(WHAT IS NEEDED):
Your answer should be every line of the records that contains the word "BadWord", copied as it stands.

(Collection entries):

--- START ---

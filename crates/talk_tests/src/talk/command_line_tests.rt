//! Command lines, accepted and refused, and what they ask for.
use clap::Error;
use pacing::Back;
use relay_command::{Asked, SendBuffer, Settings, Task, exit_code, read_words, task_named};
use ring_steps::Actor;
use session_words::{NoWords, WordSource, word_source};
use std::alloc::Global;
use std::process::{Abort, ExitCode};
use std::test::Fail;

/// What `serve` is to do without options.
const DEFAULTS: Settings = Settings {
    keep: 512,
    seats: 64,
    packet_bytes: 16_384,
    accept: None,
    gather: 5,
    back: Back::Packets(0),
    hang_up_ended: true,
    idle: Some(300),
    silent: None,
    per_address: None,
    mounts_per_address: None,
    writers: None,
    is_direct: false,
    is_verbose: false,
    report: None,
    send_buffer: SendBuffer::Default,
    until_eof: false,
};

/// Asserts that this holds of a line.
fn expect(rt: &impl Abort, line: &str, holds: bool) {
    assert!(rt; holds, "{line}");
}

/// Returns what a line asks for, or its error.
fn asked(alloc: Global, line: &str) -> Result<Result<Asked, Error>, Fail> {
    let words: Vec<&str> = line.split(' ').collect(alloc)?;
    Ok(read_words(alloc, words.as_slice()))
}

/// Returns what a line of `relay serve` asks for. `None` if it is refused.
fn settings(alloc: Global, line: &str) -> Result<Option<Settings>, Fail> {
    match asked(alloc, line)? {
        Ok(Asked::Serve(_, settings, _)) => Ok(Some(settings)),
        _ => Ok(None),
    }
}

/// Lines of `serve`, and what they ask for.
const ACCEPTED: [(&str, Settings); 21] = [
    (
        "relay serve a --send-buffer 0",
        Settings {
            send_buffer: SendBuffer::System,
            ..DEFAULTS
        },
    ),
    (
        "relay serve a --until-eof",
        Settings {
            until_eof: true,
            ..DEFAULTS
        },
    ),
    ("relay serve 127.0.0.1:8554", DEFAULTS),
    (
        "relay serve a --keep 1 --seats 1 --packet-bytes 12 --accept 1 --gather 0 --back 0 --keep-ended --idle 0 --silent 1 --per-address 1 --mounts-per-address 1 --publish-from 10.0.0.0/8 --play-from ::/0 --limit-exempt 0.0.0.0/0,::/0 --proxy-from 10.0.0.2 --writers 0 --direct --report 1 --send-buffer 16384",
        Settings {
            keep: 1,
            seats: 1,
            packet_bytes: 12,
            accept: Some(1),
            gather: 0,
            back: Back::Packets(0),
            hang_up_ended: false,
            idle: None,
            silent: Some(1),
            per_address: Some(1),
            mounts_per_address: Some(1),
            writers: Some(0),
            is_direct: true,
            is_verbose: false,
            report: Some(1),
            send_buffer: SendBuffer::Bytes(16_384),
            until_eof: false,
        },
    ),
    (
        "relay serve --keep 4095 --seats 1024 --packet-bytes 65535 --accept 18446744073709551615 --gather 100 --back 4095 --hang-up-ended --idle 65535 --silent 86400 --per-address 1024 --mounts-per-address 64 --writers 64 --verbose --report 86400 --send-buffer 4194304 --until-eof a",
        Settings {
            keep: 4095,
            seats: 1024,
            packet_bytes: 65_535,
            accept: Some(18_446_744_073_709_551_615),
            gather: 100,
            back: Back::Packets(4095),
            hang_up_ended: true,
            idle: Some(65_535),
            silent: Some(86_400),
            per_address: Some(1_024),
            mounts_per_address: Some(64),
            writers: Some(64),
            is_direct: false,
            is_verbose: true,
            report: Some(86_400),
            send_buffer: SendBuffer::Bytes(4_194_304),
            until_eof: true,
        },
    ),
    (
        "relay serve a --keep=7",
        Settings {
            keep: 7,
            ..DEFAULTS
        },
    ),
    (
        "relay serve a --seats 7",
        Settings {
            seats: 7,
            ..DEFAULTS
        },
    ),
    (
        "relay serve a --packet-bytes 70",
        Settings {
            packet_bytes: 70,
            ..DEFAULTS
        },
    ),
    (
        "relay serve a --gather 7",
        Settings {
            gather: 7,
            ..DEFAULTS
        },
    ),
    (
        "relay serve a --back 7",
        Settings {
            back: Back::Packets(7),
            ..DEFAULTS
        },
    ),
    (
        "relay serve a --writers 7",
        Settings {
            writers: Some(7),
            ..DEFAULTS
        },
    ),
    (
        "relay serve a --direct",
        Settings {
            is_direct: true,
            ..DEFAULTS
        },
    ),
    (
        "relay serve a --report 7",
        Settings {
            report: Some(7),
            ..DEFAULTS
        },
    ),
    (
        "relay serve a --back-ms 0",
        Settings {
            back: Back::Milliseconds(0),
            ..DEFAULTS
        },
    ),
    (
        "relay serve a --back-ms 10000",
        Settings {
            back: Back::Milliseconds(10_000),
            ..DEFAULTS
        },
    ),
    (
        "relay serve a --keep-ended",
        Settings {
            hang_up_ended: false,
            ..DEFAULTS
        },
    ),
    ("relay serve a --hang-up-ended", DEFAULTS),
    ("relay serve a --keep-ended --hang-up-ended", DEFAULTS),
    (
        "relay serve a --hang-up-ended --keep-ended",
        Settings {
            hang_up_ended: false,
            ..DEFAULTS
        },
    ),
    (
        "relay serve a --idle 7",
        Settings {
            idle: Some(7),
            ..DEFAULTS
        },
    ),
    (
        "relay serve a --verbose",
        Settings {
            is_verbose: true,
            ..DEFAULTS
        },
    ),
];

#[test]
fn a_server_does_what_its_line_says(rt: HostRuntime) -> Result<(), Fail> {
    for (line, want) in &ACCEPTED {
        expect(&rt, line, settings(rt.alloc(), line)? == Some(*want));
    }
    Ok(())
}

/// Lines of `serve` that are refused: no address, two of them, a number that is out of its range or none.
const REFUSED: [&str; 51] = [
    "relay serve a --http",
    "relay serve a --http-players",
    "relay serve a --silent 0",
    "relay serve a --silent 86401",
    "relay serve a --per-address 0",
    "relay serve a --per-address 1025",
    "relay serve a --mounts-per-address 0",
    "relay serve a --mounts-per-address 65",
    "relay serve a --publish-from 10.0.0.0/33",
    "relay serve a --publish-from ::/129",
    "relay serve a --publish-from 10.0.0.1/8",
    "relay serve a --proxy-from 10.0.0.1/8",
    "relay serve a --play-from cam",
    "relay serve a --play-from 10.0.0.0/8,",
    "relay serve a --limit-exempt ,",
    "relay serve a --send-buffer 1",
    "relay serve a --send-buffer 16383",
    "relay serve a --send-buffer 4194305",
    "relay serve a --until-eof yes",
    "relay serve",
    "relay serve a b",
    "relay serve a --keep 0",
    "relay serve a --keep 4096",
    "relay serve a --keep x",
    "relay serve a --seats 0",
    "relay serve a --seats 1025",
    "relay serve a --packet-bytes 11",
    "relay serve a --packet-bytes 65536",
    "relay serve a --accept 0",
    "relay serve a --accept 18446744073709551616",
    "relay serve a --gather 101",
    "relay serve a --gather -1",
    "relay serve a --hang-up-ended yes",
    "relay serve a --keep-ended yes",
    "relay serve a --back-ms 10001",
    "relay serve a --back-ms x",
    "relay serve a --back 5 --back-ms 5",
    "relay serve a --back-ms 0 --back 0",
    "relay serve a --back-ms 5 --back-ms 6",
    "relay serve a --back 4096",
    "relay serve a --writers 65",
    "relay serve a --idle 65536",
    "relay serve a --idle -1",
    "relay serve a --verbose yes",
    "relay serve a --direct --writers 1",
    "relay serve a --direct yes",
    "relay serve a --report",
    "relay serve a --report 0",
    "relay serve a --report 86401",
    "relay serve a --keep 1 --keep 2",
    "relay serve a --unknown",
];

#[test]
fn a_line_out_of_range_is_refused(rt: HostRuntime) -> Result<(), Fail> {
    for line in &REFUSED {
        expect(&rt, line, settings(rt.alloc(), line)?.is_none());
    }
    Ok(())
}

/// Lines of `serve`, with the address of the status pages, and whether their metrics have samples for each player.
const ENDPOINTS: [(&str, Option<&str>, bool); 3] = [
    ("relay serve a", None, false),
    ("relay serve a --http b", Some("b"), false),
    ("relay serve a --http-players --http b", Some("b"), true),
];

#[test]
fn a_line_has_the_addresses_to_listen_at(rt: HostRuntime) -> Result<(), Fail> {
    for (line, http, has_players) in &ENDPOINTS {
        let Ok(Asked::Serve(endpoints, _, _)) = asked(rt.alloc(), line)? else {
            expect(&rt, line, false);
            return Ok(());
        };
        expect(&rt, line, endpoints.rtsp.as_str() == "a");
        expect(&rt, line, endpoints.http.as_deref() == *http);
        expect(&rt, line, endpoints.http_players == *has_players);
    }
    Ok(())
}

/// Lines that aren't understood, and their exit status: a request for help is 0.
const OTHER_LINES: [(&str, i32); 14] = [
    ("relay", 2),
    ("relay play", 2),
    ("relay talk x", 2),
    ("relay talk --word", 2),
    ("relay steps x", 2),
    ("relay steps --stopped", 2),
    ("relay steps --stopped=", 2),
    ("relay steps --stopped 1x", 2),
    ("relay pass x", 2),
    ("relay pass --channels 1", 2),
    ("relay pass --to 0-0", 2),
    ("relay --help", 0),
    ("relay --version", 0),
    ("relay serve --help", 0),
];

/// Returns the exit status of a line that isn't understood. `None` if it is understood.
fn status_of(alloc: Global, line: &str) -> Result<Option<i32>, Fail> {
    match asked(alloc, line)? {
        Ok(_) => Ok(None),
        Err(error) => Ok(Some(error.exit_code())),
    }
}

#[test]
fn another_line_has_its_status(rt: HostRuntime) -> Result<(), Fail> {
    for (line, want) in &OTHER_LINES {
        expect(&rt, line, status_of(rt.alloc(), line)? == Some(*want));
    }
    Ok(())
}

/// Lines of `steps`, and the actor that stops; `None` if the line is refused. A number above those of all seats names the
/// seat 65,535, which no ring has.
const STEPS: [(&str, Option<Option<Actor>>); 14] = [
    ("relay steps", Some(None)),
    ("relay steps --stopped p", Some(Some(Actor::P))),
    ("relay steps --stopped 0", Some(Some(Actor::Seat(0)))),
    ("relay steps --stopped=1023", Some(Some(Actor::Seat(1023)))),
    ("relay steps --stopped 007", Some(Some(Actor::Seat(7)))),
    (
        "relay steps --stopped 999999999",
        Some(Some(Actor::Seat(65535))),
    ),
    ("relay steps --stopped", None),
    ("relay steps --stopped=", None),
    ("relay steps --stopped x", None),
    ("relay steps --stopped P", None),
    ("relay steps --stopped 1x", None),
    ("relay steps --stopped +1", None),
    ("relay steps --stopped 0000000001", None),
    ("relay steps --stopped p --stopped 0", None),
];

/// Returns the actor that stops by a line of `steps`. `None` if the line is refused.
fn stopped_of(alloc: Global, line: &str) -> Result<Option<Option<Actor>>, Fail> {
    match asked(alloc, line)? {
        Ok(Asked::Steps(stopped)) => Ok(Some(stopped)),
        _ => Ok(None),
    }
}

#[test]
fn a_line_of_steps_names_who_stops(rt: HostRuntime) -> Result<(), Fail> {
    for (line, want) in &STEPS {
        expect(&rt, line, stopped_of(rt.alloc(), line)? == *want);
    }
    Ok(())
}

/// Lines of `talk`, and the source of its words, or why it has none.
const TALKS: [(&str, Result<WordSource, NoWords>); 8] = [
    ("relay talk", Ok(WordSource::Drawn)),
    ("relay talk --word 0000abcd", Ok(WordSource::Fixed(0xabcd))),
    ("relay talk --word 0000ABCD", Ok(WordSource::Fixed(0xabcd))),
    (
        "relay talk --word=FFFFFFFF",
        Ok(WordSource::Fixed(0xffff_ffff)),
    ),
    ("relay talk --word abcd", Err(NoWords::BadWord)),
    ("relay talk --word 000abcd", Err(NoWords::BadWord)),
    ("relay talk --word 00000abcd", Err(NoWords::BadWord)),
    ("relay talk --word=", Err(NoWords::BadWord)),
];

/// Returns the source of the words of the talk that a line asks for, or why it has none. `None` if it asks for no talk.
fn words_of(alloc: Global, line: &str) -> Result<Option<Result<WordSource, NoWords>>, Fail> {
    match asked(alloc, line)? {
        Ok(Asked::Talk(text)) => Ok(Some(word_source(text.as_deref()))),
        _ => Ok(None),
    }
}

#[test]
fn a_talk_has_the_words_of_its_line(rt: HostRuntime) -> Result<(), Fail> {
    for (line, want) in &TALKS {
        expect(&rt, line, words_of(rt.alloc(), line)? == Some(*want));
    }
    Ok(())
}

/// Why a talk has no words, with the exit status and the line on standard error.
const WORDLESS: [(NoWords, u8, &str); 2] = [
    (NoWords::BadWord, 2, "relay: bad word"),
    (NoWords::NoRandomSource, 1, "relay: no random source"),
];

#[test]
fn a_talk_without_words_is_told(rt: HostRuntime) -> Result<(), Fail> {
    for (why, status, line) in &WORDLESS {
        expect(&rt, line, why.status() == *status && why.line() == *line);
    }
    Ok(())
}

/// Names, and their commands.
const NAMES: [(&str, Option<Task>); 5] = [
    ("talk", Some(Task::Talk)),
    ("steps", Some(Task::Steps)),
    ("serve", Some(Task::Serve)),
    ("pass", Some(Task::Pass)),
    ("play", None),
];

#[test]
fn a_command_is_known_by_its_name(rt: HostRuntime) {
    for (name, want) in &NAMES {
        expect(&rt, name, task_named(name) == *want);
    }
    assert!(rt; exit_code(1) == ExitCode::FAILURE);
    assert!(rt; exit_code(2) == ExitCode::from(2));
}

--- END ---

(RESULT):
    ("relay talk --word abcd", Err(NoWords::BadWord)),
    ("relay talk --word 000abcd", Err(NoWords::BadWord)),
    ("relay talk --word 00000abcd", Err(NoWords::BadWord)),
    ("relay talk --word=", Err(NoWords::BadWord)),
    (NoWords::BadWord, 2, "relay: bad word"),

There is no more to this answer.